**Aim of the task**
Set down, please, exactly the lines below that run from the line with "show_greatest(table, figures.response)?;" to the line with "table.old.fields ≡ time_fields", both lines included.
BEGIN Record set
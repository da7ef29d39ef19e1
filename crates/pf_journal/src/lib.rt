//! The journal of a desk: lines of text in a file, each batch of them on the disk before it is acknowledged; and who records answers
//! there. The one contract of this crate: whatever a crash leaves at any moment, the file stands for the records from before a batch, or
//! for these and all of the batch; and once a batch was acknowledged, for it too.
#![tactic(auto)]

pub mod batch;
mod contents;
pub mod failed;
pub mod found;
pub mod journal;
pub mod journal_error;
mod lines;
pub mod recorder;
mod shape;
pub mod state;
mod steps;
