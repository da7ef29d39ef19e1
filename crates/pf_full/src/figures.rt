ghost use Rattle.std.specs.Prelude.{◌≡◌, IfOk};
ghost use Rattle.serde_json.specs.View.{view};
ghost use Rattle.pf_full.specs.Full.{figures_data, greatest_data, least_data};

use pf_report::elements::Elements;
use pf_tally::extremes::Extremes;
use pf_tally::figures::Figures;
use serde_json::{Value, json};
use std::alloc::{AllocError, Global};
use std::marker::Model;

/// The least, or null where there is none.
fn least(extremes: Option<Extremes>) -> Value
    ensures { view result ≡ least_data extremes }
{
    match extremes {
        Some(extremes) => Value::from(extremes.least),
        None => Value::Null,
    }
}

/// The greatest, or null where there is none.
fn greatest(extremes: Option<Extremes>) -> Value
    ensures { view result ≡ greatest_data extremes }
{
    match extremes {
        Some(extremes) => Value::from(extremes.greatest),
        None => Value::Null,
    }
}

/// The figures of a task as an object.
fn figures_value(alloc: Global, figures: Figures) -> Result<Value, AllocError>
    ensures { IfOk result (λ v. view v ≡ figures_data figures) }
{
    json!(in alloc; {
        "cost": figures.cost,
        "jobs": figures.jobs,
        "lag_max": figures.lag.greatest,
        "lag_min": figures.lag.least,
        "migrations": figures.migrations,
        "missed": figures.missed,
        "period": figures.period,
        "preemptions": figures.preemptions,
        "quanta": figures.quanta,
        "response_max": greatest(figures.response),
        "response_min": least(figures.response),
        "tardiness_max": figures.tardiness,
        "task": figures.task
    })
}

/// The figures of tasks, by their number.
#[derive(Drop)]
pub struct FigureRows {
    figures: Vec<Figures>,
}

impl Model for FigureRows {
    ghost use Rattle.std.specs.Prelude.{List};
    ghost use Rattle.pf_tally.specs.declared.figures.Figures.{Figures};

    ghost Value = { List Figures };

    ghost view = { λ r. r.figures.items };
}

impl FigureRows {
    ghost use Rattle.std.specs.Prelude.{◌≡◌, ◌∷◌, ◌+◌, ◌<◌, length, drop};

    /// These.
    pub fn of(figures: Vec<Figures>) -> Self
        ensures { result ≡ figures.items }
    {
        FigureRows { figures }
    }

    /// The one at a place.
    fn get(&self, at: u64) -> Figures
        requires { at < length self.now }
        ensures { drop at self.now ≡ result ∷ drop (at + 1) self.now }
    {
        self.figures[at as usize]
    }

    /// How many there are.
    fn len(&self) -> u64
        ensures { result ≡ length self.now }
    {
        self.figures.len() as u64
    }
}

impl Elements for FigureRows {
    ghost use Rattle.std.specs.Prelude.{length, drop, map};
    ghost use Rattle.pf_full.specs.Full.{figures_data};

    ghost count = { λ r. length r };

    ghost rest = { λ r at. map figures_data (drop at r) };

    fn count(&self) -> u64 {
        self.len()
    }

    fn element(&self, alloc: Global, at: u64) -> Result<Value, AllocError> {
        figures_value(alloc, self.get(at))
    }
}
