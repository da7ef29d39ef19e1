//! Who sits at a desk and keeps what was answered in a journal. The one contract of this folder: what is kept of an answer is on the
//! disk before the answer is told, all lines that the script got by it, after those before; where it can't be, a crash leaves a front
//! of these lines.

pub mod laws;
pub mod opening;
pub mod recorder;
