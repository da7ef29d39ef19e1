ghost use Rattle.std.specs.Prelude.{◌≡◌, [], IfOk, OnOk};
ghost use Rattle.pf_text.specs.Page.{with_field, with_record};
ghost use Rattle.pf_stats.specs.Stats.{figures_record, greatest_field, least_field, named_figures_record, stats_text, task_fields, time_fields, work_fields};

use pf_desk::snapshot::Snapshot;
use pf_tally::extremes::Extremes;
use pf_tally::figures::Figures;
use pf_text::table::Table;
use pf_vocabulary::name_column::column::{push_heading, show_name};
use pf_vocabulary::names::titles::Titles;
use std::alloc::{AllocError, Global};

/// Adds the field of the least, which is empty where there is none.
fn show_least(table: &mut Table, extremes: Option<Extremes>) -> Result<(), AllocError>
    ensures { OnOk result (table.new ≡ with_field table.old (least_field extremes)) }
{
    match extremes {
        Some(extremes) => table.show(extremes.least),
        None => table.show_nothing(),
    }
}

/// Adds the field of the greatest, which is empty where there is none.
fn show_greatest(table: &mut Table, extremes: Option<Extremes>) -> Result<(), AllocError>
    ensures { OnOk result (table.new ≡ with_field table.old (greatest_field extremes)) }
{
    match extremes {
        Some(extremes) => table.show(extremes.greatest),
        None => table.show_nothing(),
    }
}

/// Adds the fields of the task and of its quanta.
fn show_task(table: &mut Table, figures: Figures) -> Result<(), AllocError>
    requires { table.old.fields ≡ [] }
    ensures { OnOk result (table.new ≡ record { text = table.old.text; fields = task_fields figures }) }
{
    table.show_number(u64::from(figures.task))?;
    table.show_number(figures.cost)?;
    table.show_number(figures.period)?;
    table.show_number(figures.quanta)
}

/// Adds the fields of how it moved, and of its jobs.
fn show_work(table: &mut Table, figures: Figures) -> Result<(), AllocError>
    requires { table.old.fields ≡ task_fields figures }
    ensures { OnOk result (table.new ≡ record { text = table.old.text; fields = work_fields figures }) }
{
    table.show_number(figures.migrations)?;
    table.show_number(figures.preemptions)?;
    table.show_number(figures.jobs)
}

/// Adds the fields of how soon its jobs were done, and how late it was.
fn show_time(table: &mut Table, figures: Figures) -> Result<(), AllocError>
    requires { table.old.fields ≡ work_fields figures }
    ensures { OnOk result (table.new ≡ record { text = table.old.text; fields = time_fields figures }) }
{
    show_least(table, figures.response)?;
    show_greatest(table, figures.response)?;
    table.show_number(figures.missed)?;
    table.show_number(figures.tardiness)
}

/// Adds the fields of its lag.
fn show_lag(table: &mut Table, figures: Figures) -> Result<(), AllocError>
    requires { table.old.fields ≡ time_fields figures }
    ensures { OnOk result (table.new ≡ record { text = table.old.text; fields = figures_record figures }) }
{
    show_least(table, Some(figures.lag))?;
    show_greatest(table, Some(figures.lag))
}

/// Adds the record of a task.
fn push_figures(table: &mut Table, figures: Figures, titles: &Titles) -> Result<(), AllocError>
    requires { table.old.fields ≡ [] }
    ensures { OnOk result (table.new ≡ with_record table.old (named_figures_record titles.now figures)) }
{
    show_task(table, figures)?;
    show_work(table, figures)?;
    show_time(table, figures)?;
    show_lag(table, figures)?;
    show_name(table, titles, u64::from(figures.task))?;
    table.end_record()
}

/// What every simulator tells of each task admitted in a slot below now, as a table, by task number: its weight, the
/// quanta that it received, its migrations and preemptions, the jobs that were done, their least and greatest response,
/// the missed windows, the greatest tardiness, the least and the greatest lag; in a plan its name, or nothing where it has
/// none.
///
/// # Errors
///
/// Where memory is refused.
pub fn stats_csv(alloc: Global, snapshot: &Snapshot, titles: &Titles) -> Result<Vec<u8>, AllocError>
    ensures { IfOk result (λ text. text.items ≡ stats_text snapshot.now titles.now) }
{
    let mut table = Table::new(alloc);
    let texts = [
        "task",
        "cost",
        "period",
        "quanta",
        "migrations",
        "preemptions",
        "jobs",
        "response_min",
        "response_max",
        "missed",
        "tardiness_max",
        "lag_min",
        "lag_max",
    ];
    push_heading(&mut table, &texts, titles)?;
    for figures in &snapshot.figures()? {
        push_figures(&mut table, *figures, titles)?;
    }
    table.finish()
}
END Record set
**Written solution**
    show_greatest(table, figures.response)?;
    table.show_number(figures.missed)?;
    table.show_number(figures.tardiness)
}

/// Adds the fields of its lag.
fn show_lag(table: &mut Table, figures: Figures) -> Result<(), AllocError>
    requires { table.old.fields ≡ time_fields figures }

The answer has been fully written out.